There was a change in the Adding a New Node Into an Existing ScyllaDB Cluster (Out Scale) documentation for 5.2, that says there is a chance of data resurrection if cleanups are not run in a timely manner.

Is this related to the data resurrection for not repairing often enough, or are they unrelated? My understanding in the past was that cleanups were just to recover disk space, so just trying to understand what/if anything changed with it or the full risks of not doing it between node additions and removals.

The primary goal of cleanup is avoiding data resurrection. Consider a write W1 which is written to a node, N1. After a new node Nx is added, N1 no longer owns W1. If no cleanup is run, this data will stay on N1. Some time down the line W1 is deleted and the tombstone is garbage collected. Then at one point Nx is removed from the cluster and the ownership of W1 comes back to N1. Remember that this write was deleted earlier, but the tombstone was garbage collected. Since there is currently no newer entry for W1, the old value N1 has, becomes the latest value and therefore it is resurrected.
To avoid this we run cleanup, which ensures that no such stale data lingers on nodes after token movement. Freeing up disk space is a secondary, albeit also important aspect.
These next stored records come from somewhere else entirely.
//! Numbers as words.
ghost use Rattle.std.specs.Prelude.{◌≡◌, ◌<◌, ◌^◌, ◌&&◌, nat_lt, Some, None, if◌then◌else◌};
ghost use Rattle.std.specs.Char.{is_ascii_digit};
ghost use Rattle.std.specs.List.{list_all};
ghost use Rattle.option_words.specs.Numerals.{is_numeral, number_of};

/// The number of 1 to 20 decimal digits, where it is one of 64 bits.
pub fn numeral(text: &str) -> Option<u64>
    ensures { result ≡ number_of text.now }
{
    if is_numeral(text) {
        text.parse().ok()
    } else {
        None
    }
}

// Whether a text is 1 to 20 decimal digits.
fn is_numeral(text: &str) -> bool
    ensures { result ≡ is_numeral text.now }
{
    !text.is_empty() && text.len() <= 20 && are_digits(text)
}

fn are_digits(text: &str) -> bool
    ensures { result ≡ list_all is_ascii_digit text.now }
{
    text.bytes().all(|byte| byte.is_ascii_digit())
}
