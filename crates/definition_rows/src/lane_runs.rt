//! Whole runs of two lanes. Each is legal, and has the text that was worked out for its trace.

ghost use Rattle.std.specs.Prelude.{◌≡◌, [], ◌∷◌, false};
ghost use Rattle.pool_law.specs.Legal.{IsLegal};
ghost use Rattle.pool_law.specs.Text.{text_of};
ghost use Rattle.definition_rows.specs.Notes.{lines};
ghost use Rattle.definition_rows.specs.LaneRuns.{hand_over, sent_after_release, unfetched};
ghost use Rattle.definition_rows.specs.BusyRuns.{tried, passed_by};

/// One lane sends a root, and the other reads and releases it.
pub fn hand_over_run()
    ensures legal { IsLegal hand_over }
    ensures text { text_of hand_over false ≡ lines
        ("0.0 alloc ok 16 0.0+0"
        ∷ "0.1 set ok"
        ∷ "0.2 send ok"
        ∷ "1.0 recv ok"
        ∷ "1.1 get ok 0a0b"
        ∷ "1.2 release freed"
        ∷ "chunk 0.0 qInit used 8192 free 4186112"
        ∷ "end roots 1 live 0 leaks 0"
        ∷ []) }
{}

/// A send that is refused posts an empty parcel.
pub fn sent_after_release_run()
    ensures legal { IsLegal sent_after_release }
    ensures text { text_of sent_after_release false ≡ lines
        ("0.0 alloc ok 16 0.0+0"
        ∷ "0.1 release freed"
        ∷ "0.2 send illegal"
        ∷ "1.0 recv nothing"
        ∷ "1.1 get unbound"
        ∷ "chunk 0.0 qInit used 8192 free 4186112"
        ∷ "end roots 1 live 0 leaks 0"
        ∷ []) }
{}

/// A parcel that nobody fetches is a leak.
pub fn unfetched_run()
    ensures legal { IsLegal unfetched }
    ensures text { text_of unfetched false ≡ lines
        ("0.0 alloc ok 16 0.0+0"
        ∷ "0.1 send ok"
        ∷ "chunk 0.0 qInit used 8192 free 4186112"
        ∷ "leak 0.1 capacity 4 count 1 records 0 dropped 0"
        ∷ "end roots 1 live 1 leaks 1"
        ∷ []) }
{}

/// A lane that tries finds the root held after one note, and then finds it free.
pub fn tried_run()
    ensures legal { IsLegal tried }
    ensures text { text_of tried false ≡ lines
        ("0.0 alloc ok 16 0.0+0"
        ∷ "0.1 retain ok"
        ∷ "0.2 send ok"
        ∷ "0.3 touch ok"
        ∷ "0.4 release kept"
        ∷ "1.0 recv ok"
        ∷ "1.1 tryset busy 1"
        ∷ "1.2 tryget ok 00"
        ∷ "1.3 release freed"
        ∷ "chunk 0.0 qInit used 8192 free 4186112"
        ∷ "end roots 1 live 0 leaks 0"
        ∷ []) }
{}

/// An allocation passes by its cache, in which the other lane is.
pub fn passed_by_run()
    ensures legal { IsLegal passed_by }
    ensures text { text_of passed_by false ≡ lines
        ("0.0 alloc ok 16 0.0+0"
        ∷ "0.1 send ok"
        ∷ "0.2 alloc ok 16 0.0+16"
        ∷ "1.0 recv ok"
        ∷ "1.1 release freed"
        ∷ "chunk 0.0 qInit used 8192 free 4186112"
        ∷ "end roots 2 live 1 leaks 0"
        ∷ []) }
{}
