//! The text of each line: of replies, notes, chunks and leaks.

ghost use Rattle.std.specs.Prelude.{◌≡◌, [], ◌∷◌, true, false};
ghost use Rattle.pool_law.specs.declared.report.Access.{Access};
ghost use Rattle.pool_law.specs.declared.report.ListName.TheVariants.{QInit, Q000, Q025, Q050, Q075, Q100};
ghost use Rattle.pool_law.specs.Text.{text_of, reply_lines, note_lines, chunk_lines, leak_lines};
ghost use Rattle.definition_rows.specs.Notes.{lines, leak, chunk_end};
ghost use Rattle.definition_rows.specs.TextPlays.{commands, replies_to, arena_notes, cache_notes, bin_notes, mail_notes, root_notes, word_notes, marks, back_and_given, two_logs};

/// Each command and each reply.
pub fn replies()
    ensures text { reply_lines 2 9 commands replies_to ≡ lines
        ("2.9 alloc ok 32 0.1+64"
        ∷ "2.10 set ok"
        ∷ "2.11 tryset busy 7"
        ∷ "2.12 get ok 0aff"
        ∷ "2.13 tryget ok -"
        ∷ "2.14 write range"
        ∷ "2.15 read illegal"
        ∷ "2.16 slice unbound"
        ∷ "2.17 rslice taken"
        ∷ "2.18 dup composite"
        ∷ "2.19 retain ok"
        ∷ "2.20 release kept"
        ∷ "2.21 release freed"
        ∷ "2.22 refcnt ok 3"
        ∷ "2.23 touch ok"
        ∷ "2.24 forget ok"
        ∷ "2.25 send stopped"
        ∷ "2.26 recv nothing"
        ∷ "2.27 compose toolarge"
        ∷ "2.28 add plain"
        ∷ "2.29 alloc handles"
        ∷ "2.30 alloc full"
        ∷ []) }
{}

/// Notes at an arena, a cache, a bin and a mail.
pub fn notes_of_regions()
    ensures arena { note_lines 2 arena_notes ≡ lines
        ("note 2 arena 1 1 take 0 3+4096 257"
        ∷ "note 2 arena 1 2 full 39"
        ∷ "note 2 arena 1 3 give 3+4096 257"
        ∷ []) }
    ensures cache { note_lines 2 cache_notes ≡ lines
        ("note 2 cache 2 0 1 miss"
        ∷ "note 2 cache 2 0 2 kept 257"
        ∷ "note 2 cache 2 0 3 hit 257"
        ∷ "note 2 cache 2 0 4 back full 257"
        ∷ "note 2 cache 2 0 5 trim 12"
        ∷ "note 2 cache 2 0 6 shed 257"
        ∷ "note 2 cache 2 0 7 close 0"
        ∷ "note 2 cache 2 0 8 back closed 257"
        ∷ []) }
    ensures back_and_given { note_lines 0 back_and_given ≡ lines
        ("note 0 cache 0 0 514 back full 257"
        ∷ "note 0 arena 0 258 give 0+4096 257"
        ∷ []) }
    ensures bin { note_lines 2 bin_notes ≡ lines
        ("note 2 bin 2 1 handle 5"
        ∷ "note 2 bin 2 2 none"
        ∷ "note 2 bin 2 3 home 5"
        ∷ []) }
    ensures mail { note_lines 2 mail_notes ≡ lines
        ("note 2 mail 0 1 1 post 5.6 3+8 1 7"
        ∷ "note 2 mail 0 1 2 post empty"
        ∷ "note 2 mail 0 1 1 fetch 5.6 3+8 1 7"
        ∷ "note 2 mail 0 1 2 fetch empty"
        ∷ []) }
{}

/// Notes at a root place and on a word, and busy marks.
pub fn notes_of_roots()
    ensures root { note_lines 2 root_notes ≡ lines
        ("note 2 root 5 1 birth 6 1.3+4096 257 2 11"
        ∷ "note 2 root 5 2 set 3 0aff"
        ∷ "note 2 root 5 3 set 11 -"
        ∷ "note 2 root 5 4 get 3 0aff"
        ∷ "note 2 root 5 5 get 11 -"
        ∷ "note 2 root 5 6 touch"
        ∷ "note 2 root 5 7 end 6"
        ∷ []) }
    ensures word { note_lines 2 word_notes ≡ lines
        ("note 2 ref 5.6 born"
        ∷ "note 2 ref 5.6 retain"
        ∷ "note 2 ref 5.6 look 2"
        ∷ "note 2 ref 5.6 kept"
        ∷ "note 2 ref 5.6 ended"
        ∷ "note 2 ref 5.6 vacated"
        ∷ []) }
    ensures marks { note_lines 2 marks ≡ lines
        ("note 2 busy cache 0 39 12"
        ∷ "note 2 busy root 5 0"
        ∷ []) }
{}

/// Chunks in each list, and none.
pub fn chunks()
    ensures text { chunk_lines
        (chunk_end 0 QInit 0 65536
        ∷ chunk_end 1 Q000 16384 49152
        ∷ chunk_end 2 Q025 32768 32768
        ∷ chunk_end 3 Q050 49152 16384
        ∷ record (chunk_end 4 Q075 57344 8192) { arena = 1 }
        ∷ record (chunk_end 5 Q100 65536 0) { arena = 7 }
        ∷ []) ≡ lines
        ("chunk 0.0 qInit used 0 free 65536"
        ∷ "chunk 0.1 q000 used 16384 free 49152"
        ∷ "chunk 0.2 q025 used 32768 free 32768"
        ∷ "chunk 0.3 q050 used 49152 free 16384"
        ∷ "chunk 1.4 q075 used 57344 free 8192"
        ∷ "chunk 7.5 q100 used 65536 free 0"
        ∷ []) }
    ensures none { chunk_lines [] ≡ [] }
{}

/// Leaks, each with its accesses, the oldest first.
pub fn leaks()
    ensures text { leak_lines
        (leak 1 100 1 [] 0
        ∷ record
        (leak 3 11 4 (Access.Set 2 3 8 ∷ Access.Get 0 11 0 ∷ Access.Touch 15 ∷ []) 1) { lane = 2 }
        ∷ leak 2 0 1 [] 0
        ∷ []) ≡ lines
        ("leak 0.1 capacity 100 count 1 records 0 dropped 0"
        ∷ "leak 2.3 capacity 11 count 4 records 3 dropped 1"
        ∷ " 2 set 3+8"
        ∷ " 0 get 11+0"
        ∷ " 15 touch"
        ∷ "leak 0.2 capacity 0 count 1 records 0 dropped 0"
        ∷ []) }
    ensures none { leak_lines [] ≡ [] }
{}

/// The parts of a text in order: replies, notes where they are wanted, chunks, leaks, and the end.
pub fn parts_in_order()
    ensures text { text_of two_logs false ≡ lines
        ("0.0 alloc ok 16 0.0+0"
        ∷ "0.1 forget ok"
        ∷ "1.0 recv nothing"
        ∷ "chunk 0.0 qInit used 8192 free 4186112"
        ∷ "leak 0.1 capacity 4 count 1 records 1 dropped 0"
        ∷ " 0 touch"
        ∷ "end roots 1 live 1 leaks 1"
        ∷ []) }
    ensures history { text_of two_logs true ≡ lines
        ("0.0 alloc ok 16 0.0+0"
        ∷ "0.1 forget ok"
        ∷ "1.0 recv nothing"
        ∷ "note 0 root 0 1 birth 1 0.0+0 1 1 4"
        ∷ "note 1 mail 0 1 1 fetch empty"
        ∷ "chunk 0.0 qInit used 8192 free 4186112"
        ∷ "leak 0.1 capacity 4 count 1 records 1 dropped 0"
        ∷ " 0 touch"
        ∷ "end roots 1 live 1 leaks 1"
        ∷ []) }
{}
Thanks for the info Botond. I assume this has always been a possibility then, and not something new?

This has some impact to our process around AWS node decommissions that we’ll have to figure out. AWS gives around 2 weeks notice that a node will be decommissioned, so we bootstrap a new node into the cluster, decommission the old one, then worry about cleanups. With this process we would need to insert the cleanups in the middle and need to get it done within the 2 week window, which could be cutting it close on some clusters (our largest has 39 nodes).

Do you have any recommendation on how you would handle that situation? Decommissioning the node first would fix it, though then we have to undersize the cluster for a short window instead of oversizing it.

Doing bootstrap + decomission in quick succession, then doing cleanup after should be fine. Just don’t delay running cleanup too long.

Also, maybe look into replace operation. With replace, no cleanup is needed, although it has its drawback in that the cluster temporarily looses a replica, while the replace is going on, so read QUORUMs are more susceptible to failing.

Interesting, I’m fairly sure that is new as well. We used to use the dead node replacement procedure, but ran into issues with data loss (on 4.X, before RBNO was enabled for replace actions). I can’t find the old docs, but I have notes saying the bootstrap/decommission was recommended at the time, so we switched to that.

If the replace is considered as a valid alternative then we may switch back. Thank you.

Yes, replace was made safe by using RBNO for it. This change was made in 4.6, where we enabled RBNO by default for replace. See ScyllaDB Open Source 4.6 - ScyllaDB.